Saved data entries
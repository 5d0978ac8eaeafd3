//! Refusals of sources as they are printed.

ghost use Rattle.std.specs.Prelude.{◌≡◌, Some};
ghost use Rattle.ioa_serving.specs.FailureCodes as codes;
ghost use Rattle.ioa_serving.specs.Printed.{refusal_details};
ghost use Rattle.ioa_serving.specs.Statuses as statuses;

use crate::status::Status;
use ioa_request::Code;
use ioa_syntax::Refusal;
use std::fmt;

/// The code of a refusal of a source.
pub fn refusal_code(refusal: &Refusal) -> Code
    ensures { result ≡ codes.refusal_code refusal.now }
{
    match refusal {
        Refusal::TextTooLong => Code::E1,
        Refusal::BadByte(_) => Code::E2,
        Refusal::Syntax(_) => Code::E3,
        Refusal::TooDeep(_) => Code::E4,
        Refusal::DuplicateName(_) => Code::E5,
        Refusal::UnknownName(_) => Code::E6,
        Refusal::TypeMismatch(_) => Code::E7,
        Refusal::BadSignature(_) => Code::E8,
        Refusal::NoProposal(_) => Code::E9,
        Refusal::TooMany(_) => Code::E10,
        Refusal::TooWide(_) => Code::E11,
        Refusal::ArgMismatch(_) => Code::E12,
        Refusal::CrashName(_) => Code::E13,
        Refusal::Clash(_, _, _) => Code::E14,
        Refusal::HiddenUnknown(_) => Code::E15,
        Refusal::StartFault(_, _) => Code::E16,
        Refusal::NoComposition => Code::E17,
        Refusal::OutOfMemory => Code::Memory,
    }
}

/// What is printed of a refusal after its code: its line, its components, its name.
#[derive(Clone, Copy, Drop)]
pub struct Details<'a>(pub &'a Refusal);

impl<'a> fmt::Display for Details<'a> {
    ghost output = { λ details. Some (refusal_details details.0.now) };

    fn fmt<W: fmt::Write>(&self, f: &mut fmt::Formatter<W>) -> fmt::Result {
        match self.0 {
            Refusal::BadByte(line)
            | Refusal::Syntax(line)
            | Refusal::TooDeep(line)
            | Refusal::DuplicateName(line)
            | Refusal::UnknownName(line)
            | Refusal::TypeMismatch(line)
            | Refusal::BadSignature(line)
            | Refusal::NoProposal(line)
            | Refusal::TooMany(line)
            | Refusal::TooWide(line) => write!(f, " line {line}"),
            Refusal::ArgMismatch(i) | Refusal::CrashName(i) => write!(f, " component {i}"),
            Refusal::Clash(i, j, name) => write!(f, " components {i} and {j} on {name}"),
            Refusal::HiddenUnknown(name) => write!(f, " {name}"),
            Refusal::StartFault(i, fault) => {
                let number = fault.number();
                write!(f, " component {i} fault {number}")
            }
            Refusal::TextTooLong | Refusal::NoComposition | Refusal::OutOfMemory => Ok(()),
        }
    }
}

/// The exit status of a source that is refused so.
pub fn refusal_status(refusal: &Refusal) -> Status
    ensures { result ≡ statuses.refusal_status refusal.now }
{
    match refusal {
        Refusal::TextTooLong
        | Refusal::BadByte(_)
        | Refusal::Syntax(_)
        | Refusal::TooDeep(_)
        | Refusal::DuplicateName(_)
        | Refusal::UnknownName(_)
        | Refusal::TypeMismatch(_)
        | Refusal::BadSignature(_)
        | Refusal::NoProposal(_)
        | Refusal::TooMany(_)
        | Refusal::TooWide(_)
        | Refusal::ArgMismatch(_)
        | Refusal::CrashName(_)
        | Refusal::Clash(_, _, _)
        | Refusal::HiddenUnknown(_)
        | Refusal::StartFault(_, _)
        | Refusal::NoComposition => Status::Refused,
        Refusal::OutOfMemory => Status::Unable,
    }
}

TASK REQUIREMENTS – "TooWide" is the string to look for; please copy every line of the records above where it appears.

COMPLETED EXERCISE –
        Refusal::TooWide(_) => Code::E11,
            | Refusal::TooWide(line) => write!(f, " line {line}"),
        | Refusal::TooWide(_)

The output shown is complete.